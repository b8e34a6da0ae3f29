// The functions that a C program links. include/harbour.h declares them; each asks nothing of the tables or of the lent memory's length.
#![tactic(auto)]

ghost use Rattle.std.specs.Prelude.{◌≡◌};
ghost use Rattle.problem.specs.Tables.{tables};
ghost use Rattle.tables.specs.Examination.{examination};
ghost use Rattle.questions.specs.Questions.{lawful_question, broken_question, rows_shown};
ghost use Rattle.runs.specs.Runs.{run_result};
ghost use Rattle.files.specs.Rooms.{rooms};
ghost use Rattle.files.specs.Reader.{read_result, desk_result};
ghost use Rattle.files.specs.Writer.{write_answer, written_room};
ghost use Rattle.handing.specs.Handed.{handed, fine_or_refused, handed_written};
ghost use Rattle.harbour.specs.Handed.{handed_run, handed_part, handed_file};

use handing::{HarbourReadReply, HarbourReply, HarbourWritten};

// A part of the caller's rows.
#[repr(C)]
#[derive(Drop)]
pub struct HarbourPart {
    pub start: u64,
    pub length: u64,
}

#[unsafe(no_mangle)]
pub extern "C" fn harbour_run(
    method: u64,
    sizes: &[u8],
    pairs: &[u8],
    rows: &[u64],
    plan: &mut [u8],
    work: &mut [u64],
    checks: u64,
    trials: u64,
) -> HarbourReply
    ensures value { result ≡ handed_run (run_result method (tables sizes.now pairs.now rows.now) plan.old work.old checks trials) }
    ensures plan_after { plan.new ≡ (run_result method (tables sizes.now pairs.now rows.now) plan.old work.old checks trials).plan }
    ensures work_after { work.new ≡ (run_result method (tables sizes.now pairs.now rows.now) plan.old work.old checks trials).work }
{
    let reply = planner::run(method, sizes, pairs, rows, plan, work, checks, trials);
    HarbourReply::from(reply)
}

#[unsafe(no_mangle)]
pub extern "C" fn harbour_examine(sizes: &[u8], pairs: &[u8], rows: &[u64]) -> HarbourReply
    ensures { result ≡ handed (fine_or_refused (examination (tables sizes.now pairs.now rows.now))) 0 0 }
{
    HarbourReply::from(tables::examine(sizes, pairs, rows))
}

#[unsafe(no_mangle)]
pub extern "C" fn harbour_lawful(
    sizes: &[u8],
    pairs: &[u8],
    rows: &[u64],
    given: &[u8],
) -> HarbourReply
    ensures { result ≡ handed (lawful_question (tables sizes.now pairs.now rows.now) given.now) 0 0 }
{
    HarbourReply::from(questions::is_lawful(sizes, pairs, rows, given))
}

#[unsafe(no_mangle)]
pub extern "C" fn harbour_broken(
    sizes: &[u8],
    pairs: &[u8],
    rows: &[u64],
    given: &[u8],
) -> HarbourReply
    ensures { result ≡ handed (broken_question (tables sizes.now pairs.now rows.now) given.now) 0 0 }
{
    HarbourReply::from(questions::first_broken(sizes, pairs, rows, given))
}

#[unsafe(no_mangle)]
pub extern "C" fn harbour_rows(
    sizes: &[u8],
    pairs: &[u8],
    rows: &[u64],
    lower: u64,
    higher: u64,
) -> HarbourPart
    ensures { result ≡ handed_part (rows_shown (tables sizes.now pairs.now rows.now) lower higher) }
{
    let part = questions::place_of_rows(sizes, pairs, rows, lower as usize, higher as usize);
    HarbourPart {
        start: part.start as u64,
        length: part.len() as u64,
    }
}

#[unsafe(no_mangle)]
pub extern "C" fn harbour_read(
    file: &[u8],
    sizes: &mut [u8],
    pairs: &mut [u8],
    rows: &mut [u64],
) -> HarbourReadReply
    ensures value { result ≡ handed_file (read_result file.now (rooms sizes.old pairs.old rows.old)) }
    ensures rows_after { rooms sizes.new pairs.new rows.new ≡ (read_result file.now (rooms sizes.old pairs.old rows.old)).rooms }
{
    HarbourReadReply::from(reader::read(file, sizes, pairs, rows))
}

#[unsafe(no_mangle)]
pub extern "C" fn harbour_write(
    sizes: &[u8],
    pairs: &[u8],
    rows: &[u64],
    file: &mut [u8],
) -> HarbourWritten
    ensures value { result ≡ handed_written (write_answer (tables sizes.now pairs.now rows.now) file.old) }
    ensures file_after { file.new ≡ written_room (tables sizes.now pairs.now rows.now) file.old }
{
    HarbourWritten::from(writer::write(sizes, pairs, rows, file))
}

#[unsafe(no_mangle)]
pub extern "C" fn harbour_lawful_file(
    file: &[u8],
    given: &[u8],
    sizes: &mut [u8],
    pairs: &mut [u8],
    rows: &mut [u64],
) -> u64
    ensures value { result ≡ (desk_result file.now given.now (rooms sizes.old pairs.old rows.old)).answer.number }
    ensures rows_after { rooms sizes.new pairs.new rows.new ≡ (desk_result file.now given.now (rooms sizes.old pairs.old rows.old)).rooms }
{
    HarbourReply::from(reader::is_lawful_by(file, given, sizes, pairs, rows)).answer
}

○ ○ ○

Search the material above for the word "extern", then copy each line that holds it.

pub extern "C" fn harbour_run(
pub extern "C" fn harbour_examine(sizes: &[u8], pairs: &[u8], rows: &[u64]) -> HarbourReply
pub extern "C" fn harbour_lawful(
pub extern "C" fn harbour_broken(
pub extern "C" fn harbour_rows(
pub extern "C" fn harbour_read(
pub extern "C" fn harbour_write(
pub extern "C" fn harbour_lawful_file(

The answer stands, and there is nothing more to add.